■ **Problem requirements**
Please give the number of lines in the material below that contain "impl", without further comment.

------ Data provided

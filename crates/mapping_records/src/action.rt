// Actions of mappings without locators.

/// The action of a mapping without locators (RFC 9301, section 5.4).
#[derive(Clone, Copy, Debug, PartialEq, Eq)]
pub enum Action {
    /// 0: no action is stated.
    NoAction,
    /// 1: packets are forwarded natively, past the tunnels.
    NativelyForward,
    /// 2: a Map-Request is to be sent.
    SendMapRequest,
    /// 3: packets are dropped, for no stated reason.
    DropNoReason,
    /// 4: packets are dropped by policy.
    DropPolicy,
    /// 5: packets are dropped for want of authentication.
    DropAuth,
}

impl Action {
    ghost use Rattle.std.specs.Prelude.{◌≡◌};
    ghost use Rattle.mapping_records.specs.Action.{action_of};

    /// The action of that code; 6 and above count as 3.
    pub fn of(code: u8) -> Action
        ensures { result ≡ action_of code }
    {
        if code == 0 {
            Action::NoAction
        } else if code == 1 {
            Action::NativelyForward
        } else if code == 2 {
            Action::SendMapRequest
        } else if code == 4 {
            Action::DropPolicy
        } else if code == 5 {
            Action::DropAuth
        } else {
            Action::DropNoReason
        }
    }
}
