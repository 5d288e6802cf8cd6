// The identifiers of endpoints.
ghost use Rattle.std.specs.Prelude.{◌<◌, ◌^◌};

use ip_headers::Prefix;

/// An EID prefix of an instance (RFC 9301; RFC 8060, section 4.1). Ordered by instance, then prefix.
#[derive(Clone, Copy, Debug, PartialEq, Eq, PartialOrd, Ord)]
pub struct Eid {
    /// The Instance ID, below 2^24.
    pub iid: u32,
    pub prefix: Prefix,
    ghost in_range: { iid < 2 ^ 24 },
}
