// Which EIDs cover which, and the longest EID of a list that covers an address.
ghost use Rattle.std.specs.Prelude.{◌≡◌, option_map};
ghost use Rattle.ip_headers.specs.Addr.{width};
ghost use Rattle.mapping_records.specs.Eids.{covers_eid, covers_prefix, longer, longest};
ghost use Rattle.mapping_records.specs.declared.eid.Eid.{Eid};

use crate::{Eid, Record};
use ip_headers::{Addr, Prefix};

/// An item with an EID.
pub trait HasEid {
    ghost eid: { Self → Eid };

    fn eid(&self) -> &Eid
        ensures { result.now ≡ eid self.now };
}

impl HasEid for Record {
    ghost eid = { λ mapping. mapping.eid };

    fn eid(&self) -> &Eid {
        &self.eid
    }
}

impl Eid {
    /// Whether both EIDs are of one instance, and the prefix of `self` covers that of `other`. Each
    /// EID covers itself.
    pub fn covers(&self, other: &Eid) -> bool
        ensures { result ≡ covers_eid self.now other.now }
    {
        self.iid == other.iid && self.prefix.covers(&other.prefix)
    }

    fn covers_addr(&self, iid: u32, addr: Addr) -> bool
        ensures { result ≡ covers_prefix self.now iid addr (width addr) }
    {
        self.iid == iid && self.prefix.covers(&Prefix::host(addr))
    }
}

/// The item with the longest EID prefix of that instance that covers the address, or None where
/// none covers it.
pub fn longest<'a, T: HasEid>(items: &'a [T], iid: u32, addr: Addr) -> Option<&'a T>
    ensures { option_map (λ item. item.now) result ≡ longest T.eid items.now iid addr (width addr) }
{
    let mut best = None;
    for item in items {
        if item.eid().covers_addr(iid, addr) {
            best = longer(best, item);
        }
    }
    best
}

fn longer<'a, T: HasEid>(best: Option<&'a T>, next: &'a T) -> Option<&'a T>
    ensures { option_map (λ item. item.now) result
        ≡ longer T.eid (option_map (λ item. item.now) best.entry) next.now }
{
    match best {
        Some(best) if next.eid().prefix.len <= best.eid().prefix.len => Some(best),
        _ => Some(next),
    }
}
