// Writing of EIDs.
ghost use Rattle.std.specs.Prelude.{◌≡◌, ◌++◌, ◌∷◌, [], OnOk, OnErr, Some};
ghost use Rattle.octets.specs.Numbers.{big_octets};
ghost use Rattle.ip_headers.specs.declared.addr.Addr.TheVariants.{V4, V6};
ghost use Rattle.mapping_records.specs.Eid.{canonical_eid};

use crate::Eid;
use ip_headers::Addr;
use octets::{NoMemory, Octets};

/// Appends an EID from its AFI on, as an LCAF exactly where its instance isn't 0. Its mask length
/// isn't written.
pub fn write_eid(eid: &Eid, out: &mut Octets) -> Result<(), NoMemory>
    ensures ok { OnOk result (out.new ≡ out.old ++ canonical_eid eid.now.iid (Some eid.now.prefix.addr)) }
    ensures err { OnErr result (out.new ≡ out.old) }
{
    match eid.prefix.addr {
        Addr::V4(n) => write_v4(eid.iid, n, out),
        Addr::V6(n) => write_v6(eid.iid, n, out),
    }
}

fn write_v4(iid: u32, addr: u32, out: &mut Octets) -> Result<(), NoMemory>
    ensures ok { OnOk result (out.new ≡ out.old ++ canonical_eid iid (Some (V4 addr))) }
    ensures err { OnErr result (out.new ≡ out.old) }
{
    let octets = addr.to_be_bytes();
    if iid == 0 {
        out.append_both(&[0, 1], &octets)
    } else {
        out.append_both(&lcaf(iid, 10, 1), &octets)
    }
}

fn write_v6(iid: u32, addr: u128, out: &mut Octets) -> Result<(), NoMemory>
    ensures ok { OnOk result (out.new ≡ out.old ++ canonical_eid iid (Some (V6 addr))) }
    ensures err { OnErr result (out.new ≡ out.old) }
{
    let octets = addr.to_be_bytes();
    if iid == 0 {
        out.append_both(&[0, 2], &octets)
    } else {
        out.append_both(&lcaf(iid, 22, 2), &octets)
    }
}

// An LCAF up to its address. The length counts the octets from the instance on.
fn lcaf(iid: u32, length: u8, afi: u8) -> [u8; 14]
    ensures { result ≡ 64 ∷ 3 ∷ 0 ∷ 0 ∷ 2 ∷ 0 ∷ 0 ∷ length ∷ (big_octets 4 iid ++ (0 ∷ afi ∷ [])) }
{
    let [a, b, c, d] = iid.to_be_bytes();
    [0x40, 3, 0, 0, 2, 0, 0, length, a, b, c, d, 0, afi]
}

------------

■ **Reply**
3